=== Section Start ===

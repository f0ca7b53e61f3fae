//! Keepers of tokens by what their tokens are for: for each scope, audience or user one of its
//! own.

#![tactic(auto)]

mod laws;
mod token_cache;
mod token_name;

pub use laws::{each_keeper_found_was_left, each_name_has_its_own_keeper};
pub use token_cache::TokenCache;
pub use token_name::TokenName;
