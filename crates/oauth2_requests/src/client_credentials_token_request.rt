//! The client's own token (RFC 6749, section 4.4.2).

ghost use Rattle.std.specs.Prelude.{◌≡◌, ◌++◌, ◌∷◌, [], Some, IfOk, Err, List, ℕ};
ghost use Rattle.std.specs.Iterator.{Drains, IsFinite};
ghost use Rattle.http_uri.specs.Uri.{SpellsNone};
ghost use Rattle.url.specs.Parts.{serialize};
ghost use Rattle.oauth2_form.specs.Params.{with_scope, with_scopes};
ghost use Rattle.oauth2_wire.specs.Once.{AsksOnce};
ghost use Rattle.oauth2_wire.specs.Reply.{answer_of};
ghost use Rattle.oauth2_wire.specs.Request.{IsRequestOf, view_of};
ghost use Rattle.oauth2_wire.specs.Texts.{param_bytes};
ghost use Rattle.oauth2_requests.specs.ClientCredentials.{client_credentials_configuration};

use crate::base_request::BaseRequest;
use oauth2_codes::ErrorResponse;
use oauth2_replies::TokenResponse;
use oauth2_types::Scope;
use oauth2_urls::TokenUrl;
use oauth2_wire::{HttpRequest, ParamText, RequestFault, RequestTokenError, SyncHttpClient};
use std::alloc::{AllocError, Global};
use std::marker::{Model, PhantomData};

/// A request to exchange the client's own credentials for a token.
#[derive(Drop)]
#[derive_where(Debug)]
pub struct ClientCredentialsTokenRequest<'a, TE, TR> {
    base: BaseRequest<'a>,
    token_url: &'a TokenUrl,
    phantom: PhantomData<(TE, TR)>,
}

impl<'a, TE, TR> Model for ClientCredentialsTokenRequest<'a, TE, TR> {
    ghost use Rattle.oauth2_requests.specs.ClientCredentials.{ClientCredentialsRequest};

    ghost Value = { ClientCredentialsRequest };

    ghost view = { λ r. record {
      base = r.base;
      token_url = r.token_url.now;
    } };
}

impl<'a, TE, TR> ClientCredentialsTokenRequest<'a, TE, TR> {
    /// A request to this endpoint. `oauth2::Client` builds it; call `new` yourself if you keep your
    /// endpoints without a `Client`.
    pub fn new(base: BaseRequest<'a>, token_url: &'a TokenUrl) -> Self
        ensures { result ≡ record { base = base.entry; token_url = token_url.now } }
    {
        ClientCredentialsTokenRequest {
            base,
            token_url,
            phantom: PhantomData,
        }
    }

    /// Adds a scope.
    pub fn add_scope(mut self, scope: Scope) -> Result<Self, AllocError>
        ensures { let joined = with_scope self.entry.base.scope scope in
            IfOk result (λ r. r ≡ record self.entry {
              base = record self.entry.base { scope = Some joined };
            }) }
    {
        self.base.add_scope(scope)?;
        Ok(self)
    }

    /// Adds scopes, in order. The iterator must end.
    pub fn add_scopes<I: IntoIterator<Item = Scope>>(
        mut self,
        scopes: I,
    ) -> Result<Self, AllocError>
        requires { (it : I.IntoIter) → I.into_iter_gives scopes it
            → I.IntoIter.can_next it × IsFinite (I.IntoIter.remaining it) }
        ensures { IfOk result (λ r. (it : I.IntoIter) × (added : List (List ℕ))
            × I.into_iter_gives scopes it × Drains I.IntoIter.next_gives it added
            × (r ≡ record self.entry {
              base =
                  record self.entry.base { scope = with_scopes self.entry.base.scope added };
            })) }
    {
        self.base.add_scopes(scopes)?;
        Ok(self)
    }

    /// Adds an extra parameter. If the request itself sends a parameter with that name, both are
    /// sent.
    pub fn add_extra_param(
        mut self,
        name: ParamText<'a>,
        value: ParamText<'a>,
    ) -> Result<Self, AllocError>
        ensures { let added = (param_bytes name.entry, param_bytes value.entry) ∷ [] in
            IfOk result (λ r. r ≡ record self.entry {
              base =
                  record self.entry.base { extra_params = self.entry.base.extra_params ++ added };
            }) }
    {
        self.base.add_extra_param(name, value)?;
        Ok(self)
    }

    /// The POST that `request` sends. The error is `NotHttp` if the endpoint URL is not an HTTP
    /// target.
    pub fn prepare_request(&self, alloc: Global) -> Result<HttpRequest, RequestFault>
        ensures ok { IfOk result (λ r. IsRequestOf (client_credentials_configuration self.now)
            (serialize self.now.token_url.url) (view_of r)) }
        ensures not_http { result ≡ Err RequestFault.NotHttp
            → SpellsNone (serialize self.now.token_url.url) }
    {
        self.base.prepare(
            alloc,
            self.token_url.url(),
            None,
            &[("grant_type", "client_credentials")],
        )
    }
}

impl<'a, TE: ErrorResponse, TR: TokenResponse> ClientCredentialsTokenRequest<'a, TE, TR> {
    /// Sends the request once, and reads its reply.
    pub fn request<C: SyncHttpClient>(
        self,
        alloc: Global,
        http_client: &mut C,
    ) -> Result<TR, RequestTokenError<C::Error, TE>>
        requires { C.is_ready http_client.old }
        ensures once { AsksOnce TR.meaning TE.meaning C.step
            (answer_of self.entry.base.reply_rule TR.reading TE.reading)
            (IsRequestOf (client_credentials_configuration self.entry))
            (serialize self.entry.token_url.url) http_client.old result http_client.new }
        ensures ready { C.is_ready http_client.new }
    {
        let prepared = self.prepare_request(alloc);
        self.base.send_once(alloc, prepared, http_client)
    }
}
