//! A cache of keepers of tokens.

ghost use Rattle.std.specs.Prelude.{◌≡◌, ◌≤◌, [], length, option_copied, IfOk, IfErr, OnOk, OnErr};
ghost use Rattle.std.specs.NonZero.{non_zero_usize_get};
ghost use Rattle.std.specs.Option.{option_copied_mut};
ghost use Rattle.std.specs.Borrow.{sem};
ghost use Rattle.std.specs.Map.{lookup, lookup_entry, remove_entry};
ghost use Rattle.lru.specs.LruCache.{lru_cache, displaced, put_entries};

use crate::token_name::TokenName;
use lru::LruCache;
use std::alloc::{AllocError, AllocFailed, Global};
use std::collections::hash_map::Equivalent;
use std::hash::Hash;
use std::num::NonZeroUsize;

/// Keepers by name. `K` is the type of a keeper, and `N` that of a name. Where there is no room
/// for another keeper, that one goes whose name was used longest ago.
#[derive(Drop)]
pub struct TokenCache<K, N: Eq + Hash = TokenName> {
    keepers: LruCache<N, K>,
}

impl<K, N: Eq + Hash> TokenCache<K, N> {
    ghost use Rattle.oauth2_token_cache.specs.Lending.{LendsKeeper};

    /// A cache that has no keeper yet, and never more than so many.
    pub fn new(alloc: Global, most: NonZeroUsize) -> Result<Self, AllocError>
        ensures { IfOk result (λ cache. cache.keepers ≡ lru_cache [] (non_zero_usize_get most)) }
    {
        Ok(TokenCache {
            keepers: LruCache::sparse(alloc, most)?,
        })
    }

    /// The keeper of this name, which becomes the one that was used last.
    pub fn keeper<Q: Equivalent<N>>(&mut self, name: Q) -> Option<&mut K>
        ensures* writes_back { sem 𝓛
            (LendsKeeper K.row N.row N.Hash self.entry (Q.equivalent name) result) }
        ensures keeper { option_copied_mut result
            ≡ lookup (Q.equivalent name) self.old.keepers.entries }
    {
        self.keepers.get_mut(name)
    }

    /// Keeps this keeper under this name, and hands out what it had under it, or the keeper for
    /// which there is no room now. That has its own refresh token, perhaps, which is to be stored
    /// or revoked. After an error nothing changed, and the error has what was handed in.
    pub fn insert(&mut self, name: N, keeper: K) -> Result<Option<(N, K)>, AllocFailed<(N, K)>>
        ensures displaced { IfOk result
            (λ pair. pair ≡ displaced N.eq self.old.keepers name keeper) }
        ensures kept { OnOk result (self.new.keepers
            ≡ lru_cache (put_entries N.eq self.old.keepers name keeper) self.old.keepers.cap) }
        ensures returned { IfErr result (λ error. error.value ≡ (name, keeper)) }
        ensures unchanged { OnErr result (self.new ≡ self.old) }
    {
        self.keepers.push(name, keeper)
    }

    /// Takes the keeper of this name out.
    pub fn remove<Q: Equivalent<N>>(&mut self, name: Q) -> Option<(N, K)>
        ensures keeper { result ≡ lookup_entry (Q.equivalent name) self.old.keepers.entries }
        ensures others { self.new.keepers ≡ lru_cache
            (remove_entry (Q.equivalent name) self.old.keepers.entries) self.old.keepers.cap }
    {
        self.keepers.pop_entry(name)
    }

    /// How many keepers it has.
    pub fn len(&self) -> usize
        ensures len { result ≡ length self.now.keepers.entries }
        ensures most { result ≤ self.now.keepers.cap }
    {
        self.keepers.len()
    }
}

=== Section End ===

§ **REQUIREMENT**
Taking the records above as input, show every line in which the word "Prelude" is present.

§ **EXERCISE SOLUTION**
ghost use Rattle.std.specs.Prelude.{◌≡◌, ◌++◌, ◌∷◌, [], Some, IfOk, Err, List, ℕ};
ghost use Rattle.std.specs.Prelude.{◌≡◌, ◌≤◌, [], length, option_copied, IfOk, IfErr, OnOk, OnErr};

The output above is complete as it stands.